FIG. 2 further illustrates a graph 210 of example reduction in reach versus additional loss. For instance, an additional loss of 1.5 dB may reduce reach by 3 km (10,000 ft). As such, a reduction in upstream insertion loss (e.g., of 1.5 dB) may result in an increased reach of 3 km. While the reach for the downstream may be corresponding reduced in the absence of any other changes, as noted above, the transmit power may be more easily increased on the OLT for downstream optical signals. As such, the downstream reach may be brought into parity with the upstream reach (e.g., without changes to the more numerous ONUs/ONTs). It should be noted that the graph 210 illustrates an example of reduction in reach for a representative wavelength and fiber type. However, the same principles are equally applicable over other wavelengths and fiber types. For instance, longer wavelengths may achieve longer reaches, or “distance limits,” while shorter wavelengths may be able to achieve lesser reaches/distance limits versus longer wavelengths. Likewise, multimode fiber may generally have shorter reaches/distance limits than single mode fiber at the same wavelength(s). In one example, the wavelength(s) for upstream and downstream optical signals, the properties of the optical fibers (e.g., distance limits, diameter, etc.), and other factors may be used to optimize placement of an asymmetric optical splitter in the optical distribution network (e.g., at a distance between the OLT and ONTs/ONUs). For instance, this may account for distance limits and losses over SMF and MMF between the OLT and asymmetric optical splitter (or between the OLT and a circulator, DMF coupler, or the like), distance limits and losses over DMF between the OLT and asymmetric optical splitter, and distance limits and losses over SMFs between the asymmetric optical splitter and the ONTs/ONUs. These and other aspects of the present disclosure are further discussed below in connection with the example method 300 of FIG. 3.

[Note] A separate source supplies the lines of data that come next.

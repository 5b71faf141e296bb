//! Why tokens are no unit.

ghost use Rattle.std.specs.Prelude.{◌≡◌};
ghost use Rattle.vf_parse_real.specs.Faults.{place_at, fault_of, stop_of};

use vf_base::{Memory, Place};
use vf_cursor::fault::{Fault, Stop};
use vf_lexer::Token;

/// Why tokens are no unit.
#[derive(Clone, Copy, Debug, PartialEq, Eq)]
pub enum ParseFault {
    /// A token that the language names as one that it has not.
    Unsupported(Place),
    /// A token that can't stand there, or the end of the file.
    Syntax(Place),
    /// A token that stands too deep.
    Depth(Place),
    /// There was no memory for the tree.
    Memory,
}

impl From<Memory> for ParseFault {
    ghost use Rattle.std.specs.Prelude.{◌≡◌};
    ghost use Rattle.vf_parse_real.specs.declared.fault.ParseFault.TheVariants as parse_faults;

    ghost from_gives = { λ _ e. e ≡ parse_faults.Memory };

    fn from(_: Memory) -> ParseFault {
        ParseFault::Memory
    }
}

/// The place of the token with which so many tokens are left, or the end of the file where none is.
fn place_at(tokens: &[Token], end: Place, left: usize) -> Place
    ensures { result ≡ place_at tokens.now end left }
{
    let count = tokens.len();
    let at = if left <= count { count - left } else { 0 };
    match tokens.get(at) {
        Some(token) => token.place,
        None => end,
    }
}

fn fault_of(tokens: &[Token], end: Place, fault: Fault) -> ParseFault
    ensures { result ≡ fault_of tokens.now end fault }
{
    match fault {
        Fault::Syntax(left) => ParseFault::Syntax(place_at(tokens, end, left)),
        Fault::Depth(left) => ParseFault::Depth(place_at(tokens, end, left)),
    }
}

/// Why reading stopped, by its place.
pub fn stop_of(tokens: &[Token], end: Place, stop: Stop) -> ParseFault
    ensures { result ≡ stop_of tokens.now end stop }
{
    match stop {
        Stop::Memory => ParseFault::Memory,
        Stop::Fault(fault) => fault_of(tokens, end, fault),
    }
}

FIG. 3 illustrates a flowchart of an example method 300 for deploying and/or operating an asymmetric splitter apparatus in a passive optical network. In one example, one or more of the steps, functions, or operations of method 300 may be performed by a computing device or system 400, and/or processor 402 as described in connection with FIG. 4 below. For instance, the computing device or system 400 may represent any one or more components of a server that is/are configured to perform steps, functions and/or operations of the method 300. Similarly, in one example, one or more steps, functions, or operations of the method 300 may be performed by a processing system comprising one or more computing devices collectively configured to perform various steps, functions, and/or operations of the method 300. For instance, multiple instances of the computing device or processing system 400 may collectively function as a processing system. The method 300 begins in step 305 and proceeds to step 310.

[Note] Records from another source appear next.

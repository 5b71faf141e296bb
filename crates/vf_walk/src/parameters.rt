//! Parameters, and the types of locals.

ghost use Rattle.std.specs.Prelude.{◌≡◌, [], ◌∷◌, ◌++◌, IfOk, OnOk};
ghost use Rattle.vf_walk.specs.Items.{first_renamed, is_empty, listed, parameters_walked, real_types, signature_of};
ghost use Rattle.vf_walk.specs.Walking.{Gives};

use crate::variable::walk_variable;
use std::alloc::Global;
use vf_base::{Memory, Place, RuleFault, Sequence};
use vf_declared::ctype::CType;
use vf_declared::declaration::Signature;
use vf_declared::locals::Local;
use vf_declared::scope::Scope;
use vf_declared::stack::Stack;
use vf_names::Names;
use vf_syntax::item::{Parameters, Typed};

/// Parameters, one after another.
#[tactic(auto, using(crate::proofs::Loops::parameters_stop, crate::proofs::Loops::parameters_none, crate::proofs::Loops::parameters_end))]
fn walk_list(scope: &mut Scope, list: &Sequence<Typed>) -> Result<(), RuleFault>
    ensures { Gives result scope.new (parameters_walked list.now scope.old) }
{
    for at in 0..list.len() {
        let Some(parameter) = list.get(at) else {
            return Ok(());
        };
        walk_variable(scope, &parameter.name, &parameter.written)?;
    }
    Ok(())
}

/// The parameters of a function.
pub fn walk_parameters(scope: &mut Scope, parameters: &Parameters) -> Result<(), RuleFault>
    ensures { Gives result scope.new (parameters_walked (listed parameters.now) scope.old) }
{
    match parameters {
        Parameters::Void => Ok(()),
        Parameters::Listed(list) => walk_list(scope, list),
    }
}

/// Whether a function takes nothing.
pub fn is_empty(parameters: &Parameters) -> bool
    ensures { result ≡ is_empty (listed parameters.now) }
{
    match parameters {
        Parameters::Void => true,
        Parameters::Listed(list) => list.is_empty(),
    }
}

/// Puts the type of a local to the end of some, where it is one of C.
fn add_type(types: &mut Sequence<CType>, local: &Local) -> Result<(), Memory>
    ensures { OnOk result (types.new ≡ types.old ++ real_types (local.now ∷ [])) }
{
    match local {
        Local::Real(ctype) => {
            types.push(*ctype)?;
            Ok(())
        }
        Local::Ghost(_) => Ok(()),
    }
}

/// The types of the locals of C among some.
#[tactic(auto, using(crate::proofs::Loops::types_more, crate::proofs::Loops::types_none, crate::proofs::Loops::types_end))]
pub fn real_types(alloc: Global, meanings: &Stack<Local>) -> Result<Sequence<CType>, Memory>
    ensures { IfOk result (λ types. types ≡ real_types meanings.now) }
{
    let mut types = Sequence::new(alloc);
    for at in 0..meanings.len() {
        let Some(local) = meanings.get(at) else {
            return Ok(types);
        };
        add_type(&mut types, local)?;
    }
    Ok(types)
}

/// The signature of what gives a type and takes the locals.
pub fn signature(alloc: Global, scope: &Scope, given: CType) -> Result<Signature, Memory>
    ensures { IfOk result (λ signature. signature ≡ signature_of given scope.now) }
{
    let parameters = real_types(alloc, &scope.locals.meanings)?;
    Ok(Signature {
        result: given,
        parameters,
    })
}

/// The first of some parameters whose name is not the one among names that stands there.
#[tactic(auto, using(crate::proofs::Loops::renamed_here, crate::proofs::Loops::renamed_more, crate::proofs::Loops::renamed_none, crate::proofs::Loops::renamed_nameless, crate::proofs::Loops::renamed_end))]
fn renamed_in(names: &Names, list: &Sequence<Typed>) -> Option<Place>
    ensures { result ≡ first_renamed names.now list.now }
{
    for at in 0..list.len() {
        let (Some(name), Some(parameter)) = (names.name(at), list.get(at)) else {
            return None;
        };
        if name != parameter.name.text.as_bytes() {
            return Some(parameter.name.place);
        }
    }
    None
}

/// The same of the parameters of a function.
#[tactic(auto, using(crate::proofs::Loops::renamed_nothing))]
pub fn first_renamed(names: &Names, parameters: &Parameters) -> Option<Place>
    ensures { result ≡ first_renamed names.now (listed parameters.now) }
{
    match parameters {
        Parameters::Void => None,
        Parameters::Listed(list) => renamed_in(names, list),
    }
}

At step 310, the method may include deploying an optical splitter apparatus, the optical splitter apparatus comprising: a dual mode fiber comprising a single mode fiber core embedded in a multi-mode fiber core, a plurality of single mode fibers, and a funnel waveguide coupling the dual mode fiber to the plurality of single mode fibers (e.g., such as the example asymmetric optical splitter apparatus 160 of FIG. 1). For instance, the optical splitter apparatus may be for use in a passive optical network (PON). In other words, step 310 may comprise deploying the optical splitter apparatus in the PON (e.g., in a passive optical distribution network (ODN)).

At optional step 320, the method may include deploying an optical line termination (OLT) connected to the dual mode fiber. Thus, in one example, the PON/ODN may include an optical line termination connected to the dual mode fiber. In one example, the OLT may be connected to a DMF of a longer span, which connects to the DMF of the optical splitter apparatus. Thus, the OLT may be connected to the DMF of the optical splitter apparatus insofar as the OLT may transmit and receive optical signals via the DMF of the optical splitter apparatus. In another example, the OLT may be connected directly to the DMF of the optical splitter apparatus.

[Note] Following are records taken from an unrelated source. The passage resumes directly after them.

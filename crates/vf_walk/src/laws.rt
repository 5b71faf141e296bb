//! Laws of the walk. The function does nothing; its contract is the law.

ghost use Rattle.std.specs.Prelude.{List};
ghost use Rattle.vf_declared.specs.declared.scope.Scope.{Scope};
ghost use Rattle.vf_syntax.specs.declared.item.Item.{Item};
ghost use Rattle.vf_walk.specs.Agreeing.{AreDetermined, ComesToOne};
ghost use Rattle.vf_walk.specs.Items.{WalksItems};

use crate::annotations::Annotations;

/// Where each annotation comes to one thing at most, so does the walk over items.
pub fn walks_agree<A: Annotations>(annotations: &A)
    requires { AreDetermined (A.meanings annotations.now) }
    ensures { (items : List Item) (scope : Scope) → ComesToOne (WalksItems (A.meanings annotations.now) items scope) }
{}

At optional step 330 the method may include deploying one of: a fiber-fused coupler (FFC) or a circulator connected to the dual mode fiber of the optical splitter apparatus (e.g., directly or via an additional span of dual mode fiber between the fiber-fused coupler or the circulator and the dual mode fiber of the optical splitter apparatus). In accordance with the present disclosure, the fiber-fused coupler or the circulator may comprise a single mode fiber branch for feeding the downstream optical signals into the single mode fiber core of the dual mode fiber of the optical splitter apparatus (and in one example, via an additional span of DMF), and a multi-mode fiber branch for receiving the upstream optical signals from the multi-mode fiber core of the dual mode fiber (and in example, from the additional span of DMF). In one example, the single mode fiber branch may be connected to a transmit port of the OLT and the multi-mode fiber branch may be connected to a receive port of the OLT (e.g., directly, or via respective additional spans of SMF and MMF). Thus, in one example, the PON/ODN may include a FFC, circulator, or the like connected to the dual mode fiber of the optical splitter apparatus and to the input and output ports (transmit and receive portions) of the OLT.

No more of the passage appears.